RECORDS SUPPLIED:

☆ ☆ ☆ ☆

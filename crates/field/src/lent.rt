// The product and the quotient by one table that the caller lends. A constant array is built anew at each use, and a lent one is not:
// a loop makes the table once and lends it at each turn.
ghost use Rattle.std.specs.Prelude.{◌≡◌};
ghost use Rattle.field.specs.Tables.{tables, by_table, over_table};

use crate::Symbol;
use crate::antilogs::POWERS;
use crate::logs::LOGS;

// Stays: the byte against 0, since it is the byte that is looked up next; a comparison of symbols is no plainer.
impl Symbol {
    // The product as a lent table has it; by `tables()` it is `times`.
    // Stays: beside `times`, as `over_by` beside `over`. Each is public with a promise of its own, and only the test for 0 is the same.
    #[tactic(auto, using(crate::proofs::Lookup::by_a_table), unfolding(crate::specs::Tables::by_table))]
    pub fn times_by(self, b: Symbol, t: &[u8; 768]) -> Symbol
        ensures { result.0 ≡ by_table t.now self.0 b.0 }
    {
        if self.0 == 0 || b.0 == 0 {
            return Symbol::ZERO;
        }
        Symbol(t[256 + (t[self.0 as usize] as usize + t[b.0 as usize] as usize)])
    }

    // The quotient as a lent table has it; by `tables()` it is `over`.
    #[tactic(auto, using(crate::proofs::Lookup::by_a_table), unfolding(crate::specs::Tables::over_table))]
    pub fn over_by(self, divisor: Symbol, t: &[u8; 768]) -> Symbol
        ensures { result.0 ≡ over_table t.now self.0 divisor.0 }
    {
        if self.0 == 0 || divisor.0 == 0 {
            return Symbol::ZERO;
        }
        Symbol(t[256 + (t[self.0 as usize] as usize + 255 - t[divisor.0 as usize] as usize)])
    }
}

// 256 logarithms, and 512 powers after them: twice all, and two more.
pub fn tables() -> [u8; 768]
    ensures { result ≡ tables }
{
    let powers = POWERS;
    let mut all = [0u8; 768];
    all[..256].copy_from_slice(&LOGS);
    all[256..511].copy_from_slice(&powers);
    all[511..766].copy_from_slice(&powers);
    all[766..].copy_from_slice(&powers[..2]);
    all
}
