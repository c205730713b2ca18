// The right table of products, made once for a stripe or a file and lent to each product. A product by it is the field's product.
ghost use Rattle.std.specs.Prelude.{◌≡◌};
ghost use Rattle.field.specs.Field.{add, mul, quotient};
ghost use Rattle.field.specs.Tables.{tables};

use crate::{Symbol, lent};

#[derive(Clone, Copy)]
pub struct Products {
    pub bytes: [u8; 768],
    ghost right: { bytes ≡ tables },
}

impl Products {
    pub fn new() -> Products
        ensures { result.bytes ≡ tables }
    {
        Products {
            bytes: lent::tables(),
        }
    }

    #[tactic(auto, using(crate::proofs::Lookup::by_the_table))]
    pub fn times(&self, a: Symbol, b: Symbol) -> Symbol
        ensures { result.0 ≡ mul a.0 b.0 }
    {
        a.times_by(b, &self.bytes)
    }

    #[tactic(auto, using(crate::proofs::Lookup::by_the_table))]
    pub fn over(&self, a: Symbol, divisor: Symbol) -> Symbol
        ensures { result.0 ≡ quotient a.0 divisor.0 }
    {
        a.over_by(divisor, &self.bytes)
    }

    // Of bytes: a + x * b.
    pub fn raised(&self, a: u8, x: u8, b: u8) -> u8
        ensures { result ≡ add a (mul x b) }
    {
        a ^ self.times(Symbol(x), Symbol(b)).0
    }

    // Of bytes: (a + b) / (x + y).
    pub fn slope(&self, a: u8, b: u8, x: u8, y: u8) -> u8
        ensures { result ≡ quotient (add a b) (add x y) }
    {
        self.over(Symbol(a ^ b), Symbol(x ^ y)).0
    }
}
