// The product, the quotient and powers of symbols, by their logarithms. 0 has no logarithm and goes first.
ghost use Rattle.std.specs.Prelude.{◌≡◌};
ghost use Rattle.field.specs.Field.{mul, pow, quotient};

use crate::Symbol;
use crate::antilogs::antilog;
use crate::logs::log;

// Stays: the byte against 0, since it is the byte that is looked up next; a comparison of symbols is no plainer.
impl Symbol {
    #[tactic(auto, using(crate::proofs::Lookup::by_logarithms))]
    pub fn times(self, b: Symbol) -> Symbol
        ensures { result.0 ≡ mul self.0 b.0 }
    {
        if self.0 == 0 || b.0 == 0 {
            return Symbol::ZERO;
        }
        Symbol(antilog((log(self.0) + log(b.0)) % 255))
    }

    #[tactic(auto, using(crate::proofs::Lookup::by_logarithms))]
    pub fn over(self, divisor: Symbol) -> Symbol
        ensures { result.0 ≡ quotient self.0 divisor.0 }
    {
        if self.0 == 0 || divisor.0 == 0 {
            return Symbol::ZERO; // also by zero
        }
        Symbol(antilog((log(self.0) + 255 - log(divisor.0)) % 255))
    }

    #[tactic(auto, using(crate::proofs::Lookup::by_logarithms))]
    pub fn power(self, n: usize) -> Symbol
        ensures { result.0 ≡ pow self.0 n }
    {
        if n == 0 {
            return Symbol::ONE; // also that of zero
        }
        if self.0 == 0 {
            return Symbol::ZERO;
        }
        Symbol(antilog(log(self.0) * (n % 255) % 255))
    }
}
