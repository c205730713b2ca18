// The field of 256 elements: a symbol, its sum, product, quotient and powers. Products go by logarithms, which two tables give.
#![tactic(auto)]

ghost use Rattle.std.specs.Prelude.{◌≡◌};
ghost use Rattle.field.specs.Field.{add, pow};

mod antilogs; // antilogs.rt: the table of powers
mod lent; // lent.rt: the product and the quotient by a table that the caller lends, for loops
mod logs; // logs.rt: the table of logarithms
mod product; // product.rt: the product, the quotient and powers
mod products; // products.rt: the right table, which is made once and lent

pub use lent::tables;
pub use products::Products;

// A byte that is a number of the field, and no other number.
#[derive(Clone, Copy, PartialEq, Eq)]
pub struct Symbol(pub u8);

impl Symbol {
    pub const ZERO: Symbol = Symbol(0);

    pub const ONE: Symbol = Symbol(1);

    pub const GENERATOR: Symbol = Symbol(2);

    // Stays: docs/PROMISES.md and the theorem of-equal name this function, and a From beside it would be a second spelling of it.
    pub fn of(byte: u8) -> Symbol
        ensures { result.0 ≡ byte }
    {
        Symbol(byte)
    }

    // The generator to the power n.
    pub fn generated(n: usize) -> Symbol
        ensures { result.0 ≡ pow 2 n }
    {
        Symbol::GENERATOR.power(n)
    }

    // The sum, which is the difference too.
    pub fn plus(self, b: Symbol) -> Symbol
        ensures { result.0 ≡ add self.0 b.0 }
    {
        Symbol(self.0 ^ b.0)
    }
}
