// The parts of a record that the cursors hand out.
ghost use Rattle.std.specs.Iterator.{IsFinite};

use crate::tell;
use application::Records;
use record_vectors::record_parts::{RecordText, SatelliteText};
use records::fault::RecordFault;
use records::survey::Satellites;
use std::fmt::Display;
use std::io;
use vectors::refusals::Refused;

pub fn print_satellites(rt: &HostRuntime, flags: u8, body: &[u8]) -> io::Result<()> {
    match Satellites::new(body, flags) {
        Ok(satellites) => print_each(rt, satellites.map(|found| found.map(SatelliteText))),
        Err(fault) => tell(rt, Refused(fault.into())),
    }
}

pub fn print_records(rt: &HostRuntime, body: &[u8]) -> io::Result<()> {
    match Records::new(body) {
        Ok(records) => print_each(rt, records.map(|found| found.map(RecordText))),
        Err(fault) => tell(rt, Refused(fault.into())),
    }
}

// Each part as it comes, a space before it, and the refusal where one is refused. (No text of all parts is made: a
// record may have more of them than there is memory for their text.)
fn print_each<T: Display + Drop, I: Iterator<Item = Result<T, RecordFault>> + Drop>(
    rt: &HostRuntime,
    cursor: I,
) -> io::Result<()>
    requires can { I.can_next cursor }
    requires ends { IsFinite (I.remaining cursor) }
{
    for found in cursor {
        match found {
            Ok(part) => print!(rt; " {part}")?,
            Err(fault) => return tell(rt, Refused(fault.into())),
        }
    }
    println!(rt)
}
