// Ranked lists of signals.
use crate::tell;
use record_vectors::ranked_lists::{BLANK, PLACES, SignalText, blank_list};
use records::survey::head;
use signals::{Signal, rank_signals};
use std::io;
use vectors::refusals::Refused;

// The list of a survey's signals, with so many places.
pub fn print(rt: &HostRuntime, places: u32, flags: u8, body: &[u8]) -> io::Result<()> {
    let mut list = blank_list(rt.alloc(), places)?;
    match rank_signals(body, flags, list.as_mut_slice()) {
        Ok(count) => {
            print!(rt; " {count}")?;
            print_places(rt, count, list.as_slice())?;
            println!(rt)
        }
        Err(fault) => {
            print_places(rt, 0, list.as_slice())?;
            tell(rt, Refused(fault.into()))
        }
    }
}

// PRN:SNR of the places that are used, and of each other place that is not as before the call.
fn print_places(rt: &HostRuntime, used: usize, list: &[Signal]) -> io::Result<()> {
    for (place, signal) in list.iter().enumerate() {
        if place < used || *signal != BLANK {
            let signal = SignalText(*signal);
            print!(rt; " {signal}")?;
        }
    }
    Ok(())
}

// The receive time of a survey, and its ranked list.
pub fn print_with_time(rt: &HostRuntime, flags: u8, body: &[u8]) -> io::Result<()> {
    let Ok(head) = head(body) else {
        return rt.println(" no head");
    };
    let time = head.receive_time;
    print!(rt; " {time:016X}")?;
    print(rt, PLACES, flags, body)
}
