// A case, read from its line.
ghost use Rattle.std.specs.Prelude.{◌≡◌, ◌≢◌, ◌%◌};
ghost use Rattle.paging.specs.RawDatas.{raw_data};
ghost use Rattle.vectors.specs.declared.schemes.PageScheme.TheVariants.{RawData, AppFile};

use std::alloc::Global;
use std::io;
use std::io::ErrorKind;
use vectors::hex_text::by_rule;
use vectors::schemes::PageScheme;

// A longer line is printed without its bytes.
const LONG: usize = 800;

#[derive(Clone, Copy, Debug, PartialEq, Eq)]
pub struct Case<'a> {
    pub shown: &'a str,
    pub asked: &'a str,
    pub numbers: [u32; 3],
    pub bytes: &'a str,
}

// The last word of a line is the bytes; a number that is not there is 0.
pub fn read_case(line: &str) -> Option<Case<'_>> {
    let (front, bytes) = line.rsplit_once(' ')?;
    let mut words = front.split_whitespace();
    Some(Case {
        shown: if line.len() > LONG { front } else { line },
        asked: words.next()?,
        numbers: [
            number(words.next())?,
            number(words.next())?,
            number(words.next())?,
        ],
        bytes,
    })
}

// Decimal, or hex digits with an h behind them.
fn number(word: Option<&str>) -> Option<u32> {
    let Some(word) = word else {
        return Some(0);
    };
    match word.strip_suffix('h') {
        Some(digits) => u32::from_str_radix(digits, 16).ok(),
        None => word.parse::<u32>().ok(),
    }
}

pub fn low_byte(number: u32) -> u8
    ensures { result ≡ number % 256 }
{
    (number % 256) as u8
}

// Hex digits, `-` for no bytes, or rule:N for N bytes by a rule.
pub fn source_of(heap: Global, word: &str) -> io::Result<Vec<u8>> {
    if word == "-" {
        return Ok(Vec::new(heap));
    }
    let Some(count) = word.strip_prefix("rule:") else {
        return from_hex(heap, word);
    };
    match count.parse::<u32>() {
        Ok(count) => Ok(by_rule(heap, count)?),
        Err(_) => Err(ErrorKind::InvalidData.into()),
    }
}

// Two digits for each byte. (Not as `vectors::hex_text` has it: no white space, and a pair may be a sign and a digit.)
fn from_hex(heap: Global, word: &str) -> io::Result<Vec<u8>> {
    let mut bytes = Vec::new(heap);
    for at in (0..word.len()).step_by(2) {
        let pair = word.get(at..at.saturating_add(2)).unwrap_or("half a byte");
        let Ok(byte) = u8::from_str_radix(pair, 16) else {
            return Err(ErrorKind::InvalidData.into());
        };
        bytes.push(byte)?;
    }
    Ok(bytes)
}

// The scheme of a packet type; any other type is taken as that of application files.
pub fn scheme_of(packet_type: u32) -> PageScheme
    ensures raw_data { packet_type ≡ raw_data.type → result ≡ RawData }
    ensures other { packet_type ≢ raw_data.type → result ≡ AppFile }
{
    PageScheme::try_from(packet_type).unwrap_or(PageScheme::AppFile)
}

☆ ☆ ☆ ☆

TASK GOAL:
Your answer should be one number: how many lines in the material hold the string "println".

ANSWER:
3